If all went well you should see a Ubuntu 12.04 install dialog, asking for the language. From there on it’s like an other Ubuntu OS installation.
Some hints when installing VM’s
- Write down your disk UUID’s inside your VM and their function, these will come in handy later, to solve some issues booting your VM’s after redeploying backups, this is very important!
- When updating VM kernel
Restoring a exported vm using our additional features
Right now, this system is capable of some very interesting things. For instance, you can now snapshot a running VM (if in fact it’s also Ubuntu 12.04 ). You can then dump the VM from that snapshot to a file and import. Let’s start with importing a previously exported machine.
Let’s try one in the SR we created earlier:
Operation failed. Error: Connection reset by peer
Nasty error by the looks of it, but as always, go check the xcp-xapi logs, they usually give out a more detailed message.
So apparently our SR is too small to contain the VM we are about to import. We could resize the SR but lets just remove it, remove the logical volume and create it all again
The SR is still connected to a host via a PBD. It cannot be destroyed.
sr: 342d0647-2ae4-11b1-290f-4003b4d32d96 (sr_1)
So we need to identify the correct one and get rid of the pbd.
xe pbd-unplug uuid=34047f96-f0f9-d319-85ec-11eaf80aa94d
If the last one fails, do it twice, that seems to work all the time for me, it complains it can’t detach the SR. Now destroy it.
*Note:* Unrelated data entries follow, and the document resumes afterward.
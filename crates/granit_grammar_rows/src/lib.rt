//! Worked rows of the grammar, by computation: lists of lexemes with the events that they are read as, or the kind and
//! the lexeme at which they are refused. They hold each sequence of two kinds of lexemes and each kind of refusal.
#![tactic(auto)]

ghost use Rattle.std.specs.Prelude.{◌≡◌, [], ◌∷◌};
ghost use Rattle.granit_grammar_rows.specs.BlockRows.{at_most_one_lexeme, simple_keys, properties_in_front, sequences};
ghost use Rattle.granit_grammar_rows.specs.BlockRows.{asked_keys, empty_keys};
ghost use Rattle.granit_grammar_rows.specs.IndentlessRows.{keys_behind_sequences};
ghost use Rattle.granit_grammar_rows.specs.Refusals.{no_root_or_entry, where_a_document_must_start, no_key_or_value};
ghost use Rattle.granit_grammar_rows.specs.Refusals.{no_entry_of_a_sequence, no_entry_of_a_mapping, no_node_in_flow};
ghost use Rattle.granit_grammar_rows.specs.Refusals.{directives_without_document_end, no_separator_in_a_sequence};
ghost use Rattle.granit_grammar_rows.specs.Refusals.{no_separator_in_a_mapping};
ghost use Rattle.granit_grammar_rows.specs.DocumentRows.{marks_in_front, marks_behind};
ghost use Rattle.granit_grammar_rows.specs.FitRows.{fits_of_items, fits_of_terminals, told_fits};
ghost use Rattle.granit_grammar_rows.specs.FitRows.{keys_of_colons, lines_of_entries};
ghost use Rattle.granit_grammar_rows.specs.FlowRows.{square_brackets, curly_brackets};
ghost use Rattle.granit_grammar_rows.specs.Row.{answers, tellings};
ghost use Rattle.granit_error.specs.OptionsData.{default_options};
ghost use Rattle.granit_language.specs.GrammarFault.{DuplicateVersionDirective, TooManyBlocks, UndeclaredTagHandle};
ghost use Rattle.granit_language.specs.GrammarFault.{UnknownAnchor, UnsupportedYamlMajorVersion};
ghost use Rattle.granit_grammar_rows.specs.Row.{EventsAre, RefusedAs, dash_at, start_mark_at, end_mark_at, end_at};
ghost use Rattle.granit_grammar_rows.specs.Scoped.{alias_named, anchor_named, answered_by, handle_x, limited, tag_x};
ghost use Rattle.granit_grammar_rows.specs.Scoped.{version};
ghost use Rattle.std.specs.Prelude.{false};

/// Block sequences and mappings.
pub fn block_collections_are_read()
    ensures at_most_one_lexeme { answers at_most_one_lexeme ≡ tellings at_most_one_lexeme }
    ensures simple_keys { answers simple_keys ≡ tellings simple_keys }
    ensures properties_in_front { answers properties_in_front ≡ tellings properties_in_front }
    ensures sequences { answers sequences ≡ tellings sequences }
    ensures asked_keys { answers asked_keys ≡ tellings asked_keys }
    ensures empty_keys { answers empty_keys ≡ tellings empty_keys }
    ensures keys_behind_sequences { answers keys_behind_sequences ≡ tellings keys_behind_sequences }
{}

/// Each kind of refusal, at the lexeme that is told.
pub fn lists_are_refused()
    ensures no_root_or_entry { answers no_root_or_entry ≡ tellings no_root_or_entry }
    ensures where_a_document_must_start { answers where_a_document_must_start ≡ tellings where_a_document_must_start }
    ensures no_key_or_value { answers no_key_or_value ≡ tellings no_key_or_value }
    ensures no_entry_of_a_sequence { answers no_entry_of_a_sequence ≡ tellings no_entry_of_a_sequence }
    ensures no_entry_of_a_mapping { answers no_entry_of_a_mapping ≡ tellings no_entry_of_a_mapping }
    ensures no_node_in_flow { answers no_node_in_flow ≡ tellings no_node_in_flow }
    ensures directives_without_document_end { answers directives_without_document_end
        ≡ tellings directives_without_document_end }
    ensures no_separator_in_a_sequence { answers no_separator_in_a_sequence ≡ tellings no_separator_in_a_sequence }
    ensures no_separator_in_a_mapping { answers no_separator_in_a_mapping ≡ tellings no_separator_in_a_mapping }
{}

/// Documents, their marks and directives.
pub fn documents_are_read()
    ensures marks_in_front { answers marks_in_front ≡ tellings marks_in_front }
    ensures marks_behind { answers marks_behind ≡ tellings marks_behind }
{}

/// Flow sequences, mappings and pairs.
pub fn flow_collections_are_read()
    ensures square_brackets { answers square_brackets ≡ tellings square_brackets }
    ensures curly_brackets { answers curly_brackets ≡ tellings curly_brackets }
{}

/// Names of anchors, handles of tags, versions, and the limit of open block collections. The texts are `*a`;
/// `- &a` and `- *a`; `- &a` and `- *b`; `--- &a` and `--- *a`; `&a`, `...` and `*a`; `!x!y`;
/// `%TAG !x! z`, `--- !x!y` and `--- !x!y`;
/// `%YAML 1.2` twice; `%YAML 2.0`; and `- - ` where one block collection may be open, and where two may.
pub fn names_and_limits_are_kept()
    ensures unknown_name { answered_by default_options (alias_named 97 0 0 ∷ end_at 2 2 ∷ [])
        ≡ RefusedAs UnknownAnchor 0 }
    ensures known_name { answered_by default_options
        (dash_at 0 1 0 ∷ anchor_named 97 2 2 ∷ dash_at 5 6 0 ∷ alias_named 97 7 2 ∷ end_at 9 4 ∷ []) ≡ EventsAre [] }
    ensures other_name { answered_by default_options
        (dash_at 0 1 0 ∷ anchor_named 97 2 2 ∷ dash_at 5 6 0 ∷ alias_named 98 7 2 ∷ end_at 9 4 ∷ [])
        ≡ RefusedAs UnknownAnchor 3 }
    ensures name_of_another_document { answered_by default_options
        (start_mark_at 0 ∷ anchor_named 97 4 4 ∷ start_mark_at 7 ∷ alias_named 97 11 4 ∷ end_at 13 6 ∷ [])
        ≡ RefusedAs UnknownAnchor 3 }
    ensures name_behind_a_document_end { answered_by default_options
        (anchor_named 97 0 0 ∷ end_mark_at 3 ∷ alias_named 97 7 0 ∷ end_at 9 2 ∷ []) ≡ RefusedAs UnknownAnchor 2 }
    ensures unknown_handle { answered_by default_options (tag_x 0 0 ∷ end_at 4 4 ∷ [])
        ≡ RefusedAs UndeclaredTagHandle 0 }
    ensures handle_of_another_document { answered_by default_options
        (handle_x 0 ∷ start_mark_at 11 ∷ tag_x 15 4 ∷ start_mark_at 20 ∷ tag_x 24 4 ∷ end_at 28 8 ∷ [])
        ≡ RefusedAs UndeclaredTagHandle 4 }
    ensures second_version { answered_by default_options (version 1 2 0 ∷ version 1 2 10 ∷ [])
        ≡ RefusedAs DuplicateVersionDirective 1 }
    ensures other_version { answered_by default_options (version 2 0 0 ∷ []) ≡ RefusedAs UnsupportedYamlMajorVersion 0 }
    ensures one_too_many { answered_by (limited 1) (dash_at 0 2 0 ∷ dash_at 2 4 2 ∷ end_at 4 4 ∷ [])
        ≡ RefusedAs (TooManyBlocks false) 1 }
    ensures as_many_as_may_be { answered_by (limited 2) (dash_at 0 2 0 ∷ dash_at 2 4 2 ∷ end_at 4 4 ∷ [])
        ≡ EventsAre [] }
{}

/// Which lexemes fit their lines and which `:` their keys, as items and as the grammar sees them.
pub fn lexemes_fit_their_lines_and_keys()
    ensures lines_of_items { fits_of_items lines_of_entries ≡ told_fits lines_of_entries }
    ensures lines { fits_of_terminals lines_of_entries ≡ told_fits lines_of_entries }
    ensures keys_of_items { fits_of_items keys_of_colons ≡ told_fits keys_of_colons }
    ensures keys { fits_of_terminals keys_of_colons ≡ told_fits keys_of_colons }
{}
I guess there are other ways to do this, but this one works for me.
xe sr-destroy uuid=342d0647-2ae4-11b1-290f-4003b4d32d96
xe sr-forget uuid=342d0647-2ae4-11b1-290f-4003b4d32d96
Everything is now gone, lets remove the logical volume
And create a larger one
And do all steps we did before again to the point we can try the import again, which is not a lot…
xe vm-import filename=solr_base.xva preserve=false sr-uuid=3fefe239-eea2-de85-ebe2-d0d9fad09867
The last command is using a different sr-uuid than before of course. Press enter and go make some coffee or go to the bathroom or both, depending on how fast your disks are. It will take some time.
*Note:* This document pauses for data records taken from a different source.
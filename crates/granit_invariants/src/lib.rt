//! Laws of the plain machine alone: open columns and possible keys rise, and events stand in the text.
#![tactic(auto)]

mod columns;
mod keys;
mod spans;

pub use columns::open_columns_rise;
pub use keys::possible_keys_rise;
pub use spans::every_event_stands_in_the_text;
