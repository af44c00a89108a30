//! The spans of events.
ghost use Rattle.granit_error.specs.OptionsData.{OptionsData};
ghost use Rattle.granit_invariants.specs.EventPlaces.{EventsInText};
ghost use Rattle.granit_lexemes.specs.PlainEvent.{PlainEvent};
ghost use Rattle.granit_machine.specs.Machine.{run};
ghost use Rattle.std.specs.Prelude.{◌≡◌, List, Ok, ℕ};

/// Each event's span begins no later than it ends, inside the text, at places that are counted on the text,
/// bytes included; and so does the tag that it tells.
pub fn every_event_stands_in_the_text()
    ensures { (o : OptionsData) (text : List ℕ) (es : List PlainEvent) → run o text ≡ Ok es → EventsInText text es }
{}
When this is done, you probably want to rename the vm as it will contain the old name. It’s always wise to disable networking inside the vm (put the network config in comments), because once it boots, it will try use the IP of the base, which is probably in use. We’ll cover snapshotting later.
xe vm-start uuid=a89d8255-3c55-9c5f-6847-c8abf0659b34
console demo
When renaming a virtual machine, the console alias from earlier will not work anymore, but the old name will still work. When doing this when the vm is in a halted state, the new name will work right away. The machine should be booting now. Note that you didn’t have to create a vif manually for this VM, it’s all taken care of, importing only requires an SR (if you don’t have a default SR setup).
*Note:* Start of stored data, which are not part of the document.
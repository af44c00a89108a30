//! One item after another: the events that each gives, and the unfinished nodes that it leaves (YAML 1.2.2, chapters 6
//! to 9).
#![tactic(auto)]

mod block;
mod feeding;
mod flow;
mod stream;

pub use feeding::feed;
pub use granit_frames::ParserState;
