/// In the pair that a `?` makes in a sequence; what closing leaves behind its key is its `:`.
pub(crate) fn in_flow_pair<'input>(
    state: &mut ParserState<'input>,
    fault: &mut Option<ScanError>,
    alloc: Global,
    options: &Options,
    token: &mut Token<'input>,
    stage: PairStage,
) -> Result<(), Refused>
    ensures leaves { LeavesIfRoom (answered fault.new result) state.new (steps.in_flow_pair (options_of options.now)
        (machine_token token.old) (pair_view stage) (sort_view token.old.sort) state.old) }
    ensures by_fault { RefusesByFault (answered fault.new result) (steps.in_flow_pair (options_of options.now)
        (machine_token token.old) (pair_view stage) (sort_view token.old.sort) state.old) }
    ensures again { WhereNamedAgain token.old.lexeme.value.kind state.old (has_properties state.old.frames ≡ false →
        0 < length state.old.frames → StepWantsToGive (answered fault.new result) state.old (steps.in_flow_pair
        (options_of options.now) (machine_token token.old) (pair_view stage) (sort_view token.old.sort) state.old)) }
    ensures kept { state.new.kept ≡ state.old.kept }
    ensures eventless { keeps_text (kind_view token.old.lexeme.value.kind) ≡ false
        → has_properties state.old.frames ≡ false → 0 < length state.old.frames
        → StepWantsToGive (answered fault.new result) state.old (steps.in_flow_pair
        (options_of options.now) (machine_token token.old) (pair_view stage) (sort_view token.old.sort) state.old) }
{
    match stage {
        PairStage::BehindQuestion => Ok(state.with_top(Frame::FlowPair(PairStage::AtValue))?),
        _ => node_of_pair(state, fault, alloc, options, token),
    }
}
Now we have this machine imported, let’s explain the steps needed to create such a xva export. Let’s try one from the currently running VM.
Taking a snapshot from VM’s
xe vm-snapshot uuid=a89d8255-3c55-9c5f-6847-c8abf0659b34 new-name-label=snapshot_demo
This will NOT be a consistent snapshot, it will be more like you would freeze the machine in time and copy all files, open and closed over at once. In that state your snapshot will be created. Now a smart person would shut about every service down on the machine to make it as if the power failed. Your VM will have to filecheck the system but will probably startup again. A consistent snapshot would require the machine to be halted.
Also note that the VM’ operating system matters while doing this on a running machine, there is some kernel support needed for this to work as expected.